Agafia Tikhonovna (se détourne avec dédain, et, à mi-voix, mais pas assez fort pour être entendue de Starikov). — Ce n'est pas une boutique, ici.

Starikov. — Ah, bon ! Est-ce que j'arrive mal à propos ou l'affaire est-elle déjà faite ?

Arina Pantélèimonovna. — Ne faites pas attention, Alexis Dmîtriévitch ; bien que nous n'ayons pas de laine à vendre, nous sommes heureuses de vous voir. Veuillez bien vous asseoir.

(Tout le monde s'assied. Silence.)

Iaïtchnitsa. — Quel drôle de temps il fait aujourd'hui. On aurait dit, ce matin, qu'il allait pleuvoir, et, à présent, on dirait que c'est passé.

Agafia Tikhonovna. — Oui, c'est un temps qui ne ressemble à rien. Par moments, il fait clair ; d'autres moments il se met à pleuvoir ! C'est extrêmement désagréable.

Jévakine. — En Sicile, où nous étions, madame, au printemps avec l'escadre (ce devait être, si je compte bien, aux alentours de notre mois de février), quand on sortait, je me rappelle, il faisait soleil, et, tout d'un coup, arrivait une petite pluie ; et, vraiment, c'était la pluie.

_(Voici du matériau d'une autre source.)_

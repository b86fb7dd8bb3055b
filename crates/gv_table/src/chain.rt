//! Empty tables of slots that are in no tree (of single pages: page_chain.rt).
ghost use Rattle.std.specs.Prelude.{◌≡◌, ℕ, ◌+◌, ◌<◌, ◌≤◌, ◌↔◌, IsTrue, OnOk, OnErr};
ghost use Rattle.gv_table.specs.Chain.{AreEmpty, IsChainOf, link_to};

use crate::levels::SLOTS;
use crate::slot::{Slot, give_back, overwrite};
use std::alloc::{AllocError, Global};
use std::marker::Model;
use std::mem;

/// Empty tables, linked through their first slots. Contracts see how many they are.
pub struct Chain {
    first: Option<Box<[Slot; SLOTS]>>,
}

impl Model for Chain {
    ghost use Rattle.std.specs.Prelude.{ℕ};
    ghost use Rattle.gv_table.specs.Chain.{IsChainOf, chain_length, link_to};

    ghost Value = { ℕ };

    ghost view = { λ s. chain_length (link_to s.first) };

    ghost invariant = { λ s. IsChainOf (chain_length (link_to s.first)) (link_to s.first) };
}

impl Drop for Chain {
    fn drop(mut self) {
        if !self.is_empty() {
            self.give_all_back();
        }
        let Chain { first } = self;
        if let Some(slots) = first {
            give_back(slots);
        }
    }
}

/// The slot that links to a table, if there is one.
fn link_to(first: Option<Box<[Slot; SLOTS]>>) -> Slot
    ensures { result ≡ link_to first }
{
    match first {
        Some(slots) => Slot::Table(slots),
        None => Slot::Empty,
    }
}

/// The table to which a slot links, if it does.
fn linked(slot: Slot) -> Option<Box<[Slot; SLOTS]>>
    ensures { (count : ℕ) → IsChainOf count slot → link_to result ≡ slot }
{
    match slot {
        Slot::Table(slots) => Some(slots),
        Slot::Pages(_) => None,
        Slot::Empty | Slot::Zero { .. } | Slot::Buffer { .. } => None,
    }
}

impl Chain {
    /// No table. It takes no memory.
    pub fn new() -> Chain
        ensures { result ≡ 0 }
    {
        Chain { first: None }
    }

    /// Whether there is no table.
    pub fn is_empty(&self) -> bool
        ensures { IsTrue result ↔ (self.now ≡ 0) }
    {
        self.first.is_none()
    }

    /// Gives all tables back to the system, one after another. Mostly there is none, and a table needs a frame as large as it.
    #[cold]
    #[inline(never)]
    fn give_all_back(&mut self)
        ensures { self.new ≡ 0 }
    {
        while !self.is_empty() {
            give_back(self.take());
        }
    }

    /// Adds an empty table.
    pub fn put(&mut self, mut slots: Box<[Slot; SLOTS]>)
        requires { AreEmpty slots.value }
        ensures { self.new ≡ self.old + 1 }
    {
        overwrite(&mut slots[0], link_to(self.first.take()));
        self.first = Some(slots);
    }

    /// Takes an empty table off.
    pub fn take(&mut self) -> Box<[Slot; SLOTS]>
        requires { 0 < self.old }
        ensures empty { AreEmpty result.value }
        ensures fewer { self.new + 1 ≡ self.old }
    {
        match self.first.take() {
            Some(mut slots) => {
                self.first = linked(mem::replace(&mut slots[0], Slot::Empty));
                slots
            }
            None => unreachable!(),
        }
    }

    /// Makes one more empty table. The table is made in a frame of its own, which is as large as it.
    #[cold]
    #[inline(never)]
    pub fn grow(&mut self, alloc: Global) -> Result<(), AllocError>
        ensures grown { OnOk result (self.new ≡ self.old + 1) }
        ensures unchanged { OnErr result (self.new ≡ self.old) }
    {
        let slots = Box::new(alloc, [const { Slot::Empty }; SLOTS])?;
        self.put(slots);
        Ok(())
    }
}
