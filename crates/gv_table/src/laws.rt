//! Laws of lists and of their trees, proved once for all callers: what a paint after a change of the
//! list may rely on.
ghost use Rattle.gv_table.specs.Laws.{ReplacedListIsAlike, ReplacedListHasPieces, AlikeIsMutual};
ghost use Rattle.gv_table.specs.Laws.{TreesGainAlike};

/// A list with a range replaced is the same outside the range, and has the pieces in it.
pub fn replaces()
    ensures alike { ReplacedListIsAlike }
    ensures both_ways { AlikeIsMutual }
    ensures pieces { ReplacedListHasPieces }
{}

/// Two trees of one list gain the same tables on the way to another list.
pub fn trees()
    ensures { TreesGainAlike }
{}
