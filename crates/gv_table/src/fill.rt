//! A run of slots of single pages, emptied or made leaves.
ghost use Rattle.std.specs.Prelude.{◌≡◌, ◌+◌, ◌-◌, ◌<◌, ◌≤◌, ℕ, slice_index_or};
ghost use Rattle.gv_types.specs.Mapping.{entry_advanced, HasSmallPages};
ghost use Rattle.gv_table.specs.Levels.{slots_per_table};
ghost use Rattle.gv_table.specs.BufferNames.{IsEncodable};
ghost use Rattle.gv_table.specs.Tree.{leaf, slot_of, no_page};

use crate::levels::SLOTS;
use crate::page_slot::{NO_PAGE, PageSlot, page_leaf};
use gv_types::Entry;

/// Empties the slots from `low` up to, and without, `high`.
pub fn empty(slots: &mut [PageSlot; SLOTS], low: usize, high: usize)
    requires ordered { low ≤ high }
    requires within { high ≤ slots_per_table }
    ensures emptied { (k : ℕ) → low ≤ k → k < high → slice_index_or slots.new k no_page ≡ no_page }
    ensures before { (k : ℕ) → k < low
        → slice_index_or slots.new k no_page ≡ slice_index_or slots.old k no_page }
    ensures behind { (k : ℕ) → high ≤ k
        → slice_index_or slots.new k no_page ≡ slice_index_or slots.old k no_page }
{
    for index in low..high {
        slots[index] = NO_PAGE;
    }
}

/// Makes the slots from `low` up to, and without, `high` leaves of one page each: the entry's, and those behind it.
pub fn fill(slots: &mut [PageSlot; SLOTS], low: usize, high: usize, entry: &Entry)
    requires ordered { low ≤ high }
    requires within { high ≤ slots_per_table }
    ensures filled { HasSmallPages entry.now.backing (high - low) → IsEncodable entry.now.backing (high - low) → (k : ℕ) → low ≤ k → k < high
        → slot_of (slice_index_or slots.new k no_page) ≡ leaf (entry_advanced entry.now (k - low)) }
    ensures before { (k : ℕ) → k < low
        → slice_index_or slots.new k no_page ≡ slice_index_or slots.old k no_page }
    ensures behind { (k : ℕ) → high ≤ k
        → slice_index_or slots.new k no_page ≡ slice_index_or slots.old k no_page }
{
    for index in low..high {
        slots[index] = page_leaf(entry.advanced((index - low) as u64));
    }
}
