//! How many tables there are of each kind.
ghost use Rattle.std.specs.Prelude.{◌≡◌, ◌+◌, ◌<◌, ◌^◌};
ghost use Rattle.gv_table.specs.Kinds.{Kind, of, none};

/// How many tables of single pages, and how many of other slots.
#[derive(Clone, Copy)]
pub struct KindCounts {
    pub pages: u64,
    pub slots: u64,
}

impl KindCounts {
    /// No table.
    pub(crate) const NONE: KindCounts = KindCounts { pages: 0, slots: 0 };

    /// These and the others.
    #[inline(always)]
    pub(crate) fn with(self, others: KindCounts) -> KindCounts
        requires { (kind : Kind) → of kind self + of kind others < 2 ^ 64 }
        ensures { (kind : Kind) → of kind result ≡ of kind self + of kind others }
    {
        KindCounts {
            pages: self.pages + others.pages,
            slots: self.slots + others.slots,
        }
    }
}
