//! A slot emptied: its tables go to the pruned ones, or back to the system.
ghost use Rattle.std.specs.Prelude.{◌≡◌, ◌⊎◌, ◌≤◌, ◌<◌, ◌+◌, ◌*◌, ℕ, IsTrue, false};
ghost use Rattle.gv_types.specs.Page.{PAGES};
ghost use Rattle.gv_types.specs.PageRange.{meets, end_of};
ghost use Rattle.gv_table.specs.declared.slot.Slot.TheVariants.{Empty};
ghost use Rattle.gv_table.specs.Kinds.{Kind, of};
ghost use Rattle.gv_table.specs.Levels.{top_level, slots_per_table, pages_of, slot_pages};
ghost use Rattle.gv_table.specs.Shape.{IsShaped};
ghost use Rattle.gv_table.specs.Tree.{child};
ghost use Rattle.gv_table.specs.Counts.{tables_in, tables_at, count_at};

use crate::fill::empty;
use crate::levels::{SLOTS, slots_met};
use crate::slot::{Slot, give_back, give_pages_back, overwrite};
use crate::slot_position::SlotPosition;
use crate::spares::Spares;
use crate::table_counts::TableCounts;
use gv_types::PageRange;
use std::mem;

/// Empties a slot, takes its tables off the counts, and puts them to those pruned from the tree.
#[inline(always)]
pub fn clear(slot: &mut Slot, level: usize, pruned: &mut Spares, counts: &mut TableCounts)
    requires some { 0 < level }
    requires known { level ≤ top_level }
    requires shaped { IsShaped level slot.old }
    requires counted { (target : ℕ) → tables_at target level slot.old ≤ count_at counts.old target }
    ensures emptied { slot.new ≡ Empty }
    ensures put { (kind : Kind) → of kind pruned.new ≡ of kind pruned.old + tables_in kind level slot.old }
    ensures counted { (target : ℕ) → count_at counts.new target + tables_at target level slot.old
        ≡ count_at counts.old target }
{
    if slot.is_table() {
        release(slot, level, pruned, counts);
        return;
    }
    overwrite(slot, Slot::Empty);
}

/// The same, with the slots of its table.
#[inline(never)]
fn release(slot: &mut Slot, level: usize, pruned: &mut Spares, counts: &mut TableCounts)
    requires some { 0 < level }
    requires known { level ≤ top_level }
    requires shaped { IsShaped level slot.old }
    requires counted { (target : ℕ) → tables_at target level slot.old ≤ count_at counts.old target }
    ensures emptied { slot.new ≡ Empty }
    ensures put { (kind : Kind) → of kind pruned.new ≡ of kind pruned.old + tables_in kind level slot.old }
    ensures counted { (target : ℕ) → count_at counts.new target + tables_at target level slot.old
        ≡ count_at counts.old target }
{
    if level == 1 {
        release_part(slot, 0, SLOTS, pruned, counts);
        return;
    }
    match mem::replace(slot, Slot::Empty) {
        Slot::Table(mut slots) => {
            for index in 0..SLOTS {
                release(&mut slots[index], level - 1, pruned, counts);
            }
            pruned.put_slots(slots);
            counts.lower(level - 1);
        }
        Slot::Pages(_) => unreachable!(),
        Slot::Empty | Slot::Zero { .. } | Slot::Buffer { .. } => {}
    }
}

/// The same for a slot whose table, where it is one, has slots of single pages, which hold no table: those from `low` up to,
/// and without, `high` are emptied in one pass, without a call for each of them. The others are empty. Not inlined: most paints
/// give no table up, and would keep fewer values in registers.
#[inline(never)]
fn release_part(
    slot: &mut Slot,
    low: usize,
    high: usize,
    pruned: &mut Spares,
    counts: &mut TableCounts,
)
    requires ordered { low ≤ high }
    requires within { high ≤ slots_per_table }
    requires shaped { IsShaped 1 slot.old }
    requires rest { (k : ℕ) → k < slots_per_table → (k < low) ⊎ (high ≤ k) → child slot.old k ≡ Empty }
    requires counted { (target : ℕ) → tables_at target 1 slot.old ≤ count_at counts.old target }
    ensures emptied { slot.new ≡ Empty }
    ensures put { (kind : Kind) → of kind pruned.new ≡ of kind pruned.old + tables_in kind 1 slot.old }
    ensures counted { (target : ℕ) → count_at counts.new target + tables_at target 1 slot.old
        ≡ count_at counts.old target }
{
    match mem::replace(slot, Slot::Empty) {
        Slot::Pages(mut table) => {
            empty(&mut table.0, low, high);
            pruned.put_pages(table);
            counts.lower(0);
        }
        Slot::Table(_) => unreachable!(),
        Slot::Empty | Slot::Zero { .. } | Slot::Buffer { .. } => {}
    }
}

/// Empties a slot, and gives its tables back to the system, one after another. What they hold is not emptied before.
#[inline(never)]
pub fn free_tables(slot: &mut Slot, level: usize)
    ensures { slot.new ≡ Empty }
{
    match mem::replace(slot, Slot::Empty) {
        Slot::Pages(table) => give_pages_back(table),
        Slot::Table(mut slots) => {
            if level > 0 {
                for index in 0..SLOTS {
                    free_tables(&mut slots[index], level - 1);
                }
            }
            give_back(slots);
        }
        Slot::Empty | Slot::Zero { .. } | Slot::Buffer { .. } => {}
    }
}

/// Empties a slot of which nothing is wanted. All that it holds lies in the range: of a table of pages, which is large, only the
/// slots are emptied that meet it.
#[inline(always)]
pub fn clear_unwanted(
    slot: &mut Slot,
    slot_at: SlotPosition,
    range: PageRange,
    pruned: &mut Spares,
    counts: &mut TableCounts,
)
    requires some { 0 < slot_at.level }
    requires known { slot_at.level ≤ top_level }
    requires shaped { IsShaped slot_at.level slot.old }
    requires in_space { end_of (slot_pages slot_at.level slot_at.first) ≤ PAGES }
    requires met { IsTrue (meets (slot_pages slot_at.level slot_at.first) range) }
    requires counted { (target : ℕ) → tables_at target slot_at.level slot.old ≤ count_at counts.old target }
    requires rest { slot_at.level ≡ 1 → (k : ℕ) → k < slots_per_table
        → meets (slot_pages 0 (slot_at.first + k * pages_of 0)) range ≡ false → child slot.old k ≡ Empty }
    ensures emptied { slot.new ≡ Empty }
    ensures put { (kind : Kind) → of kind pruned.new ≡ of kind pruned.old + tables_in kind slot_at.level slot.old }
    ensures counted { (target : ℕ) → count_at counts.new target + tables_at target slot_at.level slot.old
        ≡ count_at counts.old target }
{
    if slot_at.level == 1 && slot.is_table() {
        let (low, high) = slots_met(0, slot_at.first, range);
        release_part(slot, low, high, pruned, counts);
        return;
    }
    clear(slot, slot_at.level, pruned, counts);
}
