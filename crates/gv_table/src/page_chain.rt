//! Tables of single pages that are in no tree.
ghost use Rattle.std.specs.Prelude.{◌≡◌, ℕ, ◌+◌, ◌<◌, ◌≤◌, ◌↔◌, IsTrue, OnOk, OnErr};
ghost use Rattle.gv_table.specs.PageChain.{ArePagesEmpty, IsPageChain, pages_link};

use crate::levels::SLOTS;
use crate::page_slot::{NO_PAGE, Pages};
use crate::slot::{Slot, give_pages_back, overwrite};
use std::alloc::{AllocError, Global};
use std::marker::Model;
use std::mem;

/// Empty tables of single pages, each linked to the next. Contracts see how many they are.
pub struct PageChain {
    first: Option<Box<Pages>>,
}

impl Model for PageChain {
    ghost use Rattle.std.specs.Prelude.{ℕ};
    ghost use Rattle.gv_table.specs.PageChain.{IsPageChain, pages_linked, pages_link};

    ghost Value = { ℕ };

    ghost view = { λ s. pages_linked (pages_link s.first) };

    ghost invariant = { λ s. IsPageChain (pages_linked (pages_link s.first)) (pages_link s.first) };
}

impl Drop for PageChain {
    fn drop(mut self) {
        if !self.is_empty() {
            self.give_all_back();
        }
        let PageChain { first } = self;
        if let Some(table) = first {
            give_pages_back(table);
        }
    }
}

/// The slot that links to a table, if there is one.
fn pages_link(first: Option<Box<Pages>>) -> Slot
    ensures { result ≡ pages_link first }
{
    match first {
        Some(table) => Slot::Pages(table),
        None => Slot::Empty,
    }
}

/// The table to which a slot links, if it does.
fn linked_pages(slot: Slot) -> Option<Box<Pages>>
    ensures { (count : ℕ) → IsPageChain count slot → pages_link result ≡ slot }
{
    match slot {
        Slot::Pages(table) => Some(table),
        Slot::Table(_) => None,
        Slot::Empty | Slot::Zero { .. } | Slot::Buffer { .. } => None,
    }
}

impl PageChain {
    /// No table. It takes no memory.
    pub fn new() -> PageChain
        ensures { result ≡ 0 }
    {
        PageChain { first: None }
    }

    /// Whether there is no table.
    #[inline(always)]
    pub fn is_empty(&self) -> bool
        ensures { IsTrue result ↔ (self.now ≡ 0) }
    {
        self.first.is_none()
    }

    /// Gives all tables back to the system, one after another, as `Chain` does.
    #[cold]
    #[inline(never)]
    fn give_all_back(&mut self)
        ensures { self.new ≡ 0 }
    {
        while !self.is_empty() {
            give_pages_back(self.take());
        }
    }

    /// Adds an empty table.
    pub fn put(&mut self, mut table: Box<Pages>)
        requires { ArePagesEmpty table.value.0 }
        ensures { self.new ≡ self.old + 1 }
    {
        overwrite(&mut table.1, pages_link(self.first.take()));
        self.first = Some(table);
    }

    /// Takes an empty table off.
    pub fn take(&mut self) -> Box<Pages>
        requires { 0 < self.old }
        ensures empty { ArePagesEmpty result.value.0 }
        ensures fewer { self.new + 1 ≡ self.old }
    {
        match self.first.take() {
            Some(mut table) => {
                self.first = linked_pages(mem::replace(&mut table.1, Slot::Empty));
                table
            }
            None => unreachable!(),
        }
    }

    /// Makes one more empty table. The table is made in a frame of its own, which is as large as it.
    #[cold]
    #[inline(never)]
    pub fn grow(&mut self, alloc: Global) -> Result<(), AllocError>
        ensures grown { OnOk result (self.new ≡ self.old + 1) }
        ensures unchanged { OnErr result (self.new ≡ self.old) }
    {
        let table = Box::new(alloc, ([NO_PAGE; SLOTS], Slot::Empty))?;
        self.put(table);
        Ok(())
    }
}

Iaïtchnitsa. — Le plus fâcheux c'est d'être seul par un temps pareil. Un homme marié, c'est autre chose. Il ne s'ennuie pas. Mais pour un célibataire, c'est réellement...

Jévakine. — La mort. La vraie mort !

Anoutchkine. — C'est juste.

Kotchkariov. — Assurément, c'est un vrai tourment. On maudit la vie. Que Dieu garde chacun d'éprouver pareille chose !

Iaïtchnitsa. — Mademoiselle, s'il vous était donné de choisir un objet à votre goût, voudriez-vous me dire — pardonnez-moi d'y aller si carrément — quel il serait ? Permettez-moi de savoir dans quelle administration vous jugeriez le plus convenable de prendre un époux ?

Jévakine. — Voudriez-vous pour mari, mademoiselle, un homme qui a connu les tempêtes marines ?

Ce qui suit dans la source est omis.